*** Block opens ***

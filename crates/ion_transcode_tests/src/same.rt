//! What the tests of each crate share.

use std::fmt::Debug;
use std::process::Abort;

/// Asserts that what a call gave is what is wanted. The proof of an assertion stands here once.
pub fn same<T: PartialEq + Debug + Copy>(rt: &impl Abort, given: T, wanted: T) {
    assert_eq!(rt; given, wanted);
}

/// Asserts that what a call gave is what is wanted, and names the sentence, the row and the place
/// where it is not.
pub fn same_at<T: PartialEq + Debug + Copy>(
    rt: &impl Abort,
    sentence: &str,
    row: &str,
    at: usize,
    given: T,
    wanted: T,
) {
    assert_eq!(rt; given, wanted, "{sentence} {row} at {at}");
}
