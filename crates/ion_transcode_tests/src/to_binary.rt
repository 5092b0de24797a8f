//! Texts that are written as binary.

use super::devices::answer;
use super::round_trip::expect_round_trip;
use super::runs::{Case, expect, text};
use super::same::same;
use super::tables::{Kind, expect_rows};
use ion_meter::limits::Limits;
use ion_transcode::run::bound;
use ion_transcode::to::{Form, To};
use std::alloc::Global;
use std::process::Abort;
use std::test::Fail;

/// Asserts the verdict on a text that is written as binary, and what is written of it, and that what is
/// accepted goes there and back.
pub fn expect_converted(rt: &impl Abort, alloc: Global, case: Case, output: &[u8]) {
    expect(rt, alloc, case, To::Binary, output);
    expect(rt, alloc, case, To::Other, output);
    expect(rt, alloc, case, To::Rewritten, output);
    expect_round_trip(rt, alloc, case);
}

/// Asserts the verdict on binary that is written as binary again, and what is written of it, and that what is
/// accepted goes there and back.
pub fn expect_rewritten(rt: &impl Abort, alloc: Global, case: Case, output: &[u8]) {
    expect(rt, alloc, case, To::Rewritten, output);
    expect_round_trip(rt, alloc, case);
}

/// Binary that is written again: NOP pads, order of fields, lengths and declarations as this project writes them.
const REWRITTEN: &str = r#"
%E0%01%00%EA|0|%E0%01%00%EA|
%E0%01%00%EA%0F%00%01%FF%21%05|2|%E0%01%00%EA%0F%21%05|
%E0%01%00%EA%22%00%05%72%00%04%2E%00%81%05%8E%81%61%BE%80|5|%E0%01%00%EA%21%05%71%04%21%05%81%61%B0|
%E0%01%00%EA%D5%80%01%FF%84%11%D1%82%84%11|2|%E0%01%00%EA%D2%84%11%D2%84%11|
%E0%01%00%EA%E0%01%00%EA%21%05%E0%01%00%EA%11|2|%E0%01%00%EA%21%05%11|
%E0%01%00%EA%EA%81%83%D7%87%B2%81%61%86%71%03%71%0A%71%0A|2|%E0%01%00%EA%EA%81%83%D7%86%71%03%87%B2%81%61%71%0A%71%0A|
# A declared text that is not used is not declared again, and ids count from 10.
%E0%01%00%EA%E9%81%83%D6%87%B4%81%61%81%62%71%0B|1|%E0%01%00%EA%EA%81%83%D7%86%71%03%87%B2%81%62%71%0A|
# What is refused, and what stands before it.
%E0%01%00%EA%21%05%31%00|BadNumber 6|%E0%01%00%EA%21%05|
%E0%01%00%EA%21%05%B2%11|Truncated 8|%E0%01%00%EA%21%05|
%E0%01%00%EA%71%0A|BadSymbol 4|%E0%01%00%EA|
%E0%01%00%EA%11%21%05|ValueLimit 5|%E0%01%00%EA%11|value=1|
"#;

#[test]
fn rewritten(rt: HostRuntime) {
    expect_rows(&rt, rt.alloc(), Kind::Rewritten, REWRITTEN);
}

/// Numbers and timestamps.
const NUMBERS: &str = r#"
|0|%E0%01%00%EA|
-0.|1|%E0%01%00%EA%52%80%80|
340282366920938463463374607431768211455|1|%E0%01%00%EA%2E%90%FF%FF%FF%FF%FF%FF%FF%FF%FF%FF%FF%FF%FF%FF%FF%FF|
340282366920938463463374607431768211456|Range 0|%E0%01%00%EA|
1e0|Float 0|%E0%01%00%EA|
2011-02-20T11:30:59.100-08:00|1|%E0%01%00%EA%6B%43%E0%0F%DB%82%94%93%9E%BB%C3%64|
2007T 2007-01-02T|2|%E0%01%00%EA%63%C0%0F%D7%65%C0%0F%D7%81%82|
2007-13T|BadTimestamp 0|%E0%01%00%EA|
"#;

#[test]
fn numbers_and_timestamps(rt: HostRuntime) {
    expect_rows(&rt, rt.alloc(), Kind::Converted, NUMBERS);
}

/// Strings and lobs.
const STRINGS: &str = r#"
"\xe9"|1|%E0%01%00%EA%82%C3%A9|
"\uD83D\uDE00"|1|%E0%01%00%EA%84%F0%9F%98%80|
"\uD83D"|BadText 0|%E0%01%00%EA|
"ab |Truncated 0|%E0%01%00%EA|
{{aGVsbG8=}}|1|%E0%01%00%EA%A5%68%65%6C%6C%6F|
{{aGVsbG9=}}|BadLob 0|%E0%01%00%EA|
{{}}|1|%E0%01%00%EA%A0|
"abcdefghijklmn"|1|%E0%01%00%EA%8E%8E%61%62%63%64%65%66%67%68%69%6A%6B%6C%6D%6E|value=16|scalar=14|
"abcdefghijklmn"|ValueLimit 0|%E0%01%00%EA|value=15|scalar=14|
"abcdefghijklmn"|ScalarLimit 0|%E0%01%00%EA|value=16|scalar=13|
"#;

#[test]
fn strings_and_lobs(rt: HostRuntime) {
    expect_rows(&rt, rt.alloc(), Kind::Converted, STRINGS);
}

/// Each text is declared just before the first value that needs it, and texts of the system never.
const SYMBOLS: &str = r#"
null.int 5 -0 'a b'|4|%E0%01%00%EA%2F%21%05%20%EC%81%83%D9%86%71%03%87%B4%83%61%20%62%71%0A|
{name:[1,2]}|1|%E0%01%00%EA%D6%84%B4%21%01%21%02|
'$ion_1_0'|1|%E0%01%00%EA%71%02|
$ion_1_1 5|BadVersion 0|%E0%01%00%EA|
# What is open is not written, and its texts are not declared.
a [b,|Truncated 5|%E0%01%00%EA%EA%81%83%D7%86%71%03%87%B2%81%61%71%0A|
{$99:1}|BadSymbol 1|%E0%01%00%EA|
"#;

#[test]
fn symbols(rt: HostRuntime) {
    expect_rows(&rt, rt.alloc(), Kind::Converted, SYMBOLS);
}

/// The texts that have ids are forgotten where they cost more than half of what they may.
const SYMBOL_LIMITS: &str = r#"
a b|2|%E0%01%00%EA%EA%81%83%D7%86%71%03%87%B2%81%61%71%0A%E0%01%00%EA%EA%81%83%D7%86%71%03%87%B2%81%62%71%0A|symbols=17|
[a,b]|SymbolLimit 3|%E0%01%00%EA|symbols=33|
[a,b]|1|%E0%01%00%EA%EC%81%83%D9%86%71%03%87%B4%81%61%81%62%B4%71%0A%71%0B|symbols=34|
a b a|3|%E0%01%00%EA%EA%81%83%D7%86%71%03%87%B2%81%61%71%0A%EA%81%83%D7%86%71%03%87%B2%81%62%71%0B%E0%01%00%EA%EA%81%83%D7%86%71%03%87%B2%81%61%71%0A|symbols=40|
# Neither after the last value nor before one that is refused.
a|1|%E0%01%00%EA%EA%81%83%D7%86%71%03%87%B2%81%61%71%0A|symbols=17|
a bc|SymbolLimit 2|%E0%01%00%EA%EA%81%83%D7%86%71%03%87%B2%81%61%71%0A|symbols=17|
"#;

#[test]
fn limits_of_symbols(rt: HostRuntime) {
    expect_rows(&rt, rt.alloc(), Kind::Converted, SYMBOL_LIMITS);
}

/// A value that is too long is refused at its first byte, as soon as it is.
const VALUE_LIMITS: &str = r#"
[[["x"|ValueLimit 0|%E0%01%00%EA|value=4|
[[["x"|Truncated 6|%E0%01%00%EA|value=5|
[[true,true,true,true,true,true,true,true,true,true,true,true,true]]|1|%E0%01%00%EA%BE%8E%BD%11%11%11%11%11%11%11%11%11%11%11%11%11|value=16|
[[true,true,true,true,true,true,true,true,true,true,true,true,true]]|ValueLimit 0|%E0%01%00%EA|value=15|
"#;

#[test]
fn limits_of_values(rt: HostRuntime) {
    expect_rows(&rt, rt.alloc(), Kind::Converted, VALUE_LIMITS);
}

/// Twenty lists around 1,400 strings of 64 letters.
pub fn nested_strings(alloc: Global) -> Result<Vec<u8>, Fail> {
    let mut input = Vec::from_slice(alloc, b"[[[[[[[[[[[[[[[[[[[[")?;
    for _ in 0..1_400 {
        input.extend_from_slice(
            b"\"abcdefghijklmnopqrstuvwxyzabcdefghijklmnopqrstuvwxyzabcdefghijkl\",",
        )?;
    }
    input.extend_from_slice(b"]]]]]]]]]]]]]]]]]]]]")?;
    Ok(input)
}

/// Limits that they keep.
pub const NESTED: Limits = Limits {
    depth: 32,
    scalar: 64,
    symbols: 64,
    value: 100_000,
    input: 281_474_976_710_656,
};

// One copy of a value is held.
#[test]
fn one_value_is_held(rt: HostRuntime) -> Result<(), Fail> {
    let alloc = rt.alloc();
    let input = nested_strings(alloc)?;
    same(&rt, bound(NESTED, Form::Text, To::Binary), 109_600);
    let (outcome, out) = answer(
        &rt,
        alloc,
        NESTED,
        To::Binary,
        input.as_slice(),
        Vec::new(alloc),
    );
    same(&rt, outcome, text(1));
    same(&rt, out.len(), 92_484);
    Ok(())
}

*** Block closes ***

Brief
Starting from the line containing "value is held.", repeat each line through the end of the entries, exactly.

Solution
// One copy of a value is held.
#[test]
fn one_value_is_held(rt: HostRuntime) -> Result<(), Fail> {
    let alloc = rt.alloc();
    let input = nested_strings(alloc)?;
    same(&rt, bound(NESTED, Form::Text, To::Binary), 109_600);
    let (outcome, out) = answer(
        &rt,
        alloc,
        NESTED,
        To::Binary,
        input.as_slice(),
        Vec::new(alloc),
    );
    same(&rt, outcome, text(1));
    same(&rt, out.len(), 92_484);
    Ok(())
}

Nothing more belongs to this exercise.